Govt misses deadline to pay first instalment to 19 IPPs

Published March 30, 2021
The government has missed the deadline for payment of first instalment of about Rs85 billion to about 19 independent power producers (IPPs) required under an agreement signed on Feb 28. — AFP/File
The government has missed the deadline for payment of first instalment of about Rs85 billion to about 19 independent power producers (IPPs) required under an agreement signed on Feb 28. — AFP/File

ISLAMABAD: Pending conclusion of a National Accountability Bureau (NAB) inquiry, the government has missed the deadline for payment of first instalment of about Rs85 billion to about 19 independent power producers (IPPs) required under an agreement signed on Feb 28.

“Practically this is default on part of the government because it has not paid committed funds in time,” said a representative of an IPP, adding the IPPs set up under 1994 power policy and Hubco contracted before 1994 policy would be entitled to send notices of default to the government on Tuesday.

Under the agreements signed in the last week of February, the government was to clear about Rs85bn to 19 pre-Nepra IPPs set up under 1994 policy and Hubco latest by March 29. The amounts for each IPP were verified and audited and involved no procedural hitch. A Power Division official said these non-payments were already accruing interest and should have been cleared by now.

Inquiry by National Accountability Bureau under way

He said the agreement reached with IPPs was a collective decision of the government involving Cabinet Committee on Energy, Economic Coordination Committee of the Cabinet and the Federal Cabinet, but a political legacy marred the final payments. He agreed that about Rs480bn paid by PML-N government at the outset of its rule to IPPs continued to be criticised by the ruling party and the opposition parties had responded to the latest settlement in the same coin. “Officers cannot be expected to take responsibility for politicised commercial issues,” he added.
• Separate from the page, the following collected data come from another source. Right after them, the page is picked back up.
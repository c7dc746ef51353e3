//! The calls of one site, whose letters are bytes.
ghost use Rattle.std.specs.Prelude.{◌≡◌, ◌≢◌, ◌<◌, MatchOption, None, is_some, length, pos, if◌then◌else◌};
ghost use Rattle.dine_graph.specs.Plan.{site_count};
ghost use Rattle.dine_rules.specs.Local.{edge_at};
ghost use Rattle.dine_rules.specs.Steps as step;
ghost use Rattle.dine_site.specs.NextEvent.{next_of};
ghost use Rattle.dine_site.specs.Places.{hand_of, has_all_said, is_held, neighbour_of, place_at};
ghost use Rattle.dine_ffi.specs.Answers.{IsDoneOr, IsOkOr, IsWithin, Reports, done, memory, no_such};
ghost use Rattle.dine_ffi.specs.Answers.{number_of, open_already};
ghost use Rattle.dine_ffi.specs.Events.{seen_event};
ghost use Rattle.dine_ffi.specs.OwnSites.{ActsOrRefuses, BeginsOrRefuses, EndsOrRefuses, IsNoPlace, IsOpened};
ghost use Rattle.dine_ffi.specs.OwnSites.{PutsOrRefuses, StepsOrRefuses, TakesOrRefuses, TurnsOrRefuses, is_used};
ghost use Rattle.dine_ffi.specs.Contents.{HoldsPlan, HoldsSite, OfHeld, OfPlan, OfSite, OnPlan, SiteCall};
ghost use Rattle.dine_ffi.specs.Written.{ArePeriods};

use crate::acts::PutKind;
use crate::contents::{Contents, Object};
use crate::event::DineEvent;
use crate::handle::Handle;
use crate::on_held::on_held;
use crate::own_plan::OwnPlan;
use crate::own_site::{DinePlace, DineSiteState, OwnSite};
use crate::plan_calls::open;
use crate::status::{CLOSED, MEMORY, NO_SUCH, OPEN_ALREADY, OTHER_KIND};
use std::alloc::Global;

/// Opens the site of the plan that the handle `plan` holds, in the run 0. The handle `site`, which is closed, holds it
/// then.
#[unsafe(no_mangle)]
pub extern "C" fn dine_raw_site_open(
    alloc: Global,
    plan: &mut Handle,
    number: u32,
    site: &mut Handle,
) -> i64
    ensures plan { plan.new.slot.held ≡ plan.old.slot.held }
    ensures site { IsOkOr result
        (HoldsPlan (λ p. HoldsSite (IsOpened p 0 number) site.new.slot.held) plan.old.slot.held)
        (site.new.slot.held ≡ site.old.slot.held) }
    ensures open { site.old.slot.held ≢ None → result ≡ open_already }
    ensures refused { site.old.slot.held ≡ None → IsDoneOr result Unit (OfHeld plan.old.slot.held result
        (λ object. OfPlan object result (λ p. IsWithin number (site_count p) result (result ≡ memory)))) }
{
    dine_raw_site_open_in(alloc, plan, number, 0, site)
}

/// Opens the site of the plan that the handle `plan` holds, in the run with this number. The handle `site`, which is
/// closed, holds it then.
#[unsafe(no_mangle)]
pub extern "C" fn dine_raw_site_open_in(
    alloc: Global,
    plan: &mut Handle,
    number: u32,
    run: u64,
    site: &mut Handle,
) -> i64
    ensures plan { plan.new.slot.held ≡ plan.old.slot.held }
    ensures site { IsOkOr result
        (HoldsPlan (λ p. HoldsSite (IsOpened p run number) site.new.slot.held) plan.old.slot.held)
        (site.new.slot.held ≡ site.old.slot.held) }
    ensures open { site.old.slot.held ≢ None → result ≡ open_already }
    ensures refused { site.old.slot.held ≡ None → IsDoneOr result Unit (OfHeld plan.old.slot.held result
        (λ object. OfPlan object result (λ p. IsWithin number (site_count p) result (result ≡ memory)))) }
{
    if site.is_open() {
        return OPEN_ALREADY;
    }
    let Some(contents) = plan.take(alloc) else {
        return CLOSED;
    };
    let answer = open_site(alloc, &contents, number, run, site);
    plan.put(contents);
    answer
}

fn open_site(alloc: Global, contents: &Contents, number: u32, run: u64, handle: &mut Handle) -> i64
    requires { handle.old.slot.held ≡ None }
    ensures site { IsOkOr result
        (OnPlan (λ p. HoldsSite (IsOpened p run number) handle.new.slot.held) contents.now.object)
        (handle.new.slot.held ≡ handle.old.slot.held) }
    ensures refused { IsDoneOr result Unit (OfPlan contents.now.object result
        (λ p. IsWithin number (site_count p) result (result ≡ memory))) }
{
    match &contents.object {
        Object::Plan(plan) => open_site_of(alloc, plan, number, run, handle),
        Object::World(_) | Object::Site(_) | Object::Builder(_) => OTHER_KIND,
    }
}

fn open_site_of(alloc: Global, plan: &OwnPlan, number: u32, run: u64, handle: &mut Handle) -> i64
    requires { handle.old.slot.held ≡ None }
    ensures site { IsOkOr result
        (HoldsSite (IsOpened plan.now run number) handle.new.slot.held)
        (handle.new.slot.held ≡ handle.old.slot.held) }
    ensures refused { IsDoneOr result Unit (IsWithin number (site_count plan.now) result (result ≡ memory)) }
{
    if plan.plan().sites() <= number {
        return NO_SUCH;
    }
    let Ok(plan) = plan.share() else {
        return MEMORY;
    };
    match OwnSite::open(alloc, plan, run, number) {
        Ok(site) => open(alloc, Object::Site(site), handle),
        Err(_) => MEMORY,
    }
}

/// Writes how far the site is.
#[unsafe(no_mangle)]
pub extern "C" fn dine_raw_site_state(
    alloc: Global,
    handle: &mut Handle,
    out: &mut DineSiteState,
) -> i64
    ensures same { handle.new.slot.held ≡ handle.old.slot.held }
    ensures answer { OfHeld handle.old.slot.held result (λ object. OfSite object result
        (λ own. (result ≡ done) × (out.new ≡ record {
          phase = number_of own.core.phase;
          ate = own.core.ate;
          degree = length own.core.places;
          finished = if has_all_said own.core then 1 else 0;
        }))) }
    ensures unwritten { IsDoneOr result Unit (out.new ≡ out.old) }
{
    on_held!(alloc, handle, Site(site) => site.state(out))
}

/// Writes what the site has at place `i`.
#[unsafe(no_mangle)]
pub extern "C" fn dine_raw_site_place(
    alloc: Global,
    handle: &mut Handle,
    i: u32,
    out: &mut DinePlace,
) -> i64
    ensures same { handle.new.slot.held ≡ handle.old.slot.held }
    ensures answer { OfHeld handle.old.slot.held result (λ object. OfSite object result
        (λ own. IsDoneOr result ((i < length own.core.places)
        × (out.new ≡ record {
          edge = edge_at own.plan own.core.site i;
          neighbour = neighbour_of own.core.site
              (place_at own.core i);
          has_fork = if is_held (place_at own.core i).fork then 1 else 0;
          has_token = if is_some (place_at own.core i).token then 1 else 0;
          is_dirty = if is_used (place_at own.core i).fork then 1 else 0;
          is_closed = if (place_at own.core i).close_taken then 1 else 0;
        })) ((result ≡ no_such)
        × (out.new ≡ out.old) × IsNoPlace i own))) }
    ensures unwritten { IsDoneOr result Unit (out.new ≡ out.old) }
{
    on_held!(alloc, handle, Site(site) => site.place_state(i, out))
}

/// Writes the first event that the site may do without a letter. Returns 1, or 0 if there is none.
#[unsafe(no_mangle)]
pub extern "C" fn dine_raw_site_next(alloc: Global, handle: &mut Handle, out: &mut DineEvent) -> i64
    ensures same { handle.new.slot.held ≡ handle.old.slot.held }
    ensures answer { OfHeld handle.old.slot.held result (λ object. OfSite object result
        (λ own. MatchOption (next_of own.core) ((result ≡ pos 0) × (out.new ≡ out.old)) (λ kind. (result ≡ pos 1)
        × (out.new ≡ seen_event own.core.site kind)))) }
    ensures unwritten { IsDoneOr result Unit (out.new ≡ out.old) }
{
    on_held!(alloc, handle, Site(site) => site.next(out))
}

/// The site grows hungry.
#[unsafe(no_mangle)]
pub extern "C" fn dine_raw_site_hungry(alloc: Global, handle: &mut Handle) -> i64
    ensures becomes { SiteCall (StepsOrRefuses step.Hungry) result handle.old.slot.held handle.new.slot.held }
{
    on_held!(alloc, handle, mut Site(site) => site.hungry())
}

/// The site drops the jobs that it has left.
#[unsafe(no_mangle)]
pub extern "C" fn dine_raw_site_quit(alloc: Global, handle: &mut Handle) -> i64
    ensures becomes { SiteCall (StepsOrRefuses step.Quit) result handle.old.slot.held handle.new.slot.held }
{
    on_held!(alloc, handle, mut Site(site) => site.quit())
}

/// Gives the fork of place `i`, and writes the letter. Returns the number of its bytes.
#[unsafe(no_mangle)]
pub extern "C" fn dine_raw_site_give(
    alloc: Global,
    handle: &mut Handle,
    i: u32,
    out: &mut [u8],
) -> i64
    ensures becomes { SiteCall (PutsOrRefuses i (step.Give i) out.old out.new) result
        handle.old.slot.held handle.new.slot.held }
    ensures unwritten { IsDoneOr result Unit (out.new ≡ out.old) }
{
    on_held!(alloc, handle, mut Site(site) => site.put(PutKind::Give, i, out))
}

/// Asks for the fork of place `i`, and writes the letter. Returns the number of its bytes.
#[unsafe(no_mangle)]
pub extern "C" fn dine_raw_site_ask(
    alloc: Global,
    handle: &mut Handle,
    i: u32,
    out: &mut [u8],
) -> i64
    ensures becomes { SiteCall (PutsOrRefuses i (step.Ask i) out.old out.new) result
        handle.old.slot.held handle.new.slot.held }
    ensures unwritten { IsDoneOr result Unit (out.new ≡ out.old) }
{
    on_held!(alloc, handle, mut Site(site) => site.put(PutKind::Ask, i, out))
}

/// Says Done at place `i`, and writes the letter. Returns the number of its bytes.
#[unsafe(no_mangle)]
pub extern "C" fn dine_raw_site_done(
    alloc: Global,
    handle: &mut Handle,
    i: u32,
    out: &mut [u8],
) -> i64
    ensures becomes { SiteCall (PutsOrRefuses i (step.Done i) out.old out.new) result
        handle.old.slot.held handle.new.slot.held }
    ensures unwritten { IsDoneOr result Unit (out.new ≡ out.old) }
{
    on_held!(alloc, handle, mut Site(site) => site.put(PutKind::Done, i, out))
}

/// Closes place `i` in order, and writes the letter. Returns the number of its bytes.
#[unsafe(no_mangle)]
pub extern "C" fn dine_raw_site_shut(
    alloc: Global,
    handle: &mut Handle,
    i: u32,
    out: &mut [u8],
) -> i64
    ensures becomes { SiteCall (PutsOrRefuses i (step.Close i) out.old out.new) result
        handle.old.slot.held handle.new.slot.held }
    ensures unwritten { IsDoneOr result Unit (out.new ≡ out.old) }
{
    on_held!(alloc, handle, mut Site(site) => site.put(PutKind::Close, i, out))
}

/// Closes place `i` out of order, as after the loss of its link, and writes the letter. Returns the number of its
/// bytes.
#[unsafe(no_mangle)]
pub extern "C" fn dine_raw_site_break(
    alloc: Global,
    handle: &mut Handle,
    i: u32,
    out: &mut [u8],
) -> i64
    ensures becomes { SiteCall (PutsOrRefuses i (step.Break i) out.old out.new) result
        handle.old.slot.held handle.new.slot.held }
    ensures unwritten { IsDoneOr result Unit (out.new ≡ out.old) }
{
    on_held!(alloc, handle, mut Site(site) => site.put(PutKind::Break, i, out))
}

/// Does the event, if it is one of this site and no Take. Writes the letter that it puts, and returns the number of its
/// bytes, or 0 if it puts none. An End is that of a job that went well.
#[unsafe(no_mangle)]
pub extern "C" fn dine_raw_site_act(
    alloc: Global,
    handle: &mut Handle,
    event: &DineEvent,
    out: &mut [u8],
) -> i64
    ensures becomes { SiteCall (ActsOrRefuses event.now out.old out.new) result
        handle.old.slot.held handle.new.slot.held }
    ensures unwritten { IsDoneOr result Unit (out.new ≡ out.old) }
{
    on_held!(alloc, handle, mut Site(site) => site.act(*event, out))
}

/// Does the first event that the site may do by itself, and writes it. Writes the letter that it puts, and returns the
/// number of its bytes, or 0 if it puts none. After a Begin the caller does the job, and ends the meal; until then
/// there is no other turn. If there is no event, it returns that the site waits for a letter, or has finished.
#[unsafe(no_mangle)]
pub extern "C" fn dine_raw_site_turn(
    alloc: Global,
    handle: &mut Handle,
    event: &mut DineEvent,
    out: &mut [u8],
) -> i64
    ensures becomes { SiteCall (TurnsOrRefuses event.old event.new out.old out.new) result
        handle.old.slot.held handle.new.slot.held }
    ensures unwritten { IsDoneOr result Unit ((event.new ≡ event.old) × (out.new ≡ out.old)) }
{
    on_held!(alloc, handle, mut Site(site) => site.turn(event, out))
}

/// Takes the letter whose bytes these are, and returns the place at which it arrived. One of another run is refused
/// before anything else.
#[unsafe(no_mangle)]
pub extern "C" fn dine_raw_site_take(alloc: Global, handle: &mut Handle, letter: &[u8]) -> i64
    ensures becomes { SiteCall (TakesOrRefuses letter.now) result handle.old.slot.held handle.new.slot.held }
{
    on_held!(alloc, handle, mut Site(site) => site.take(alloc, letter))
}

/// Begins a meal.
#[unsafe(no_mangle)]
pub extern "C" fn dine_raw_site_begin(alloc: Global, handle: &mut Handle) -> i64
    ensures becomes { SiteCall BeginsOrRefuses result handle.old.slot.held handle.new.slot.held }
{
    on_held!(alloc, handle, mut Site(site) => site.begin())
}

/// Ends the meal. `failed` says whether its job failed.
#[unsafe(no_mangle)]
pub extern "C" fn dine_raw_site_end(alloc: Global, handle: &mut Handle, failed: bool) -> i64
    ensures becomes { SiteCall (EndsOrRefuses failed) result handle.old.slot.held handle.new.slot.held }
{
    on_held!(alloc, handle, mut Site(site) => site.end(failed))
}

/// Writes the periods of the log of the fork in hand at place `i`, three numbers for each, and returns how many
/// periods there are.
#[unsafe(no_mangle)]
pub extern "C" fn dine_raw_site_fork(
    alloc: Global,
    handle: &mut Handle,
    i: u32,
    out: &mut [u32],
) -> i64
    ensures same { handle.new.slot.held ≡ handle.old.slot.held }
    ensures answer { OfHeld handle.old.slot.held result (λ object. OfSite object result
        (λ own. MatchOption (hand_of (place_at own.core i).fork) ((result ≡ no_such) × (out.new ≡ out.old))
        (λ fork. ArePeriods fork out.old out.new result))) }
    ensures unwritten { IsDoneOr result Unit (out.new ≡ out.old) }
{
    on_held!(alloc, handle, Site(site) => site.periods(i, out))
}

/// Returns the value of the fork in hand at place `i`.
#[unsafe(no_mangle)]
pub extern "C" fn dine_raw_site_value(alloc: Global, handle: &mut Handle, i: u32) -> i64
    ensures same { handle.new.slot.held ≡ handle.old.slot.held }
    ensures answer { OfHeld handle.old.slot.held result (λ object. OfSite object result
        (λ own. MatchOption (hand_of (place_at own.core i).fork) (result ≡ no_such)
        (λ fork. Reports result fork.value))) }
{
    on_held!(alloc, handle, Site(site) => site.value(i))
}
As a result, the Power Division was reluctant to release such a sizable amount at its own and sought approval of the ECC for a collective responsibility as the NAB announced to examine the revised agreements and called entire record from the Power Division and its related agencies.

Payment mechanism

The Finance Division, on the other hand, was of the view that it was a routine payment mechanism under which the government has been making payments on regular basis and the reference to NAB inquiries should be avoided in the summary. As a consequence though the ECC did not take a decision and payments remain outstanding.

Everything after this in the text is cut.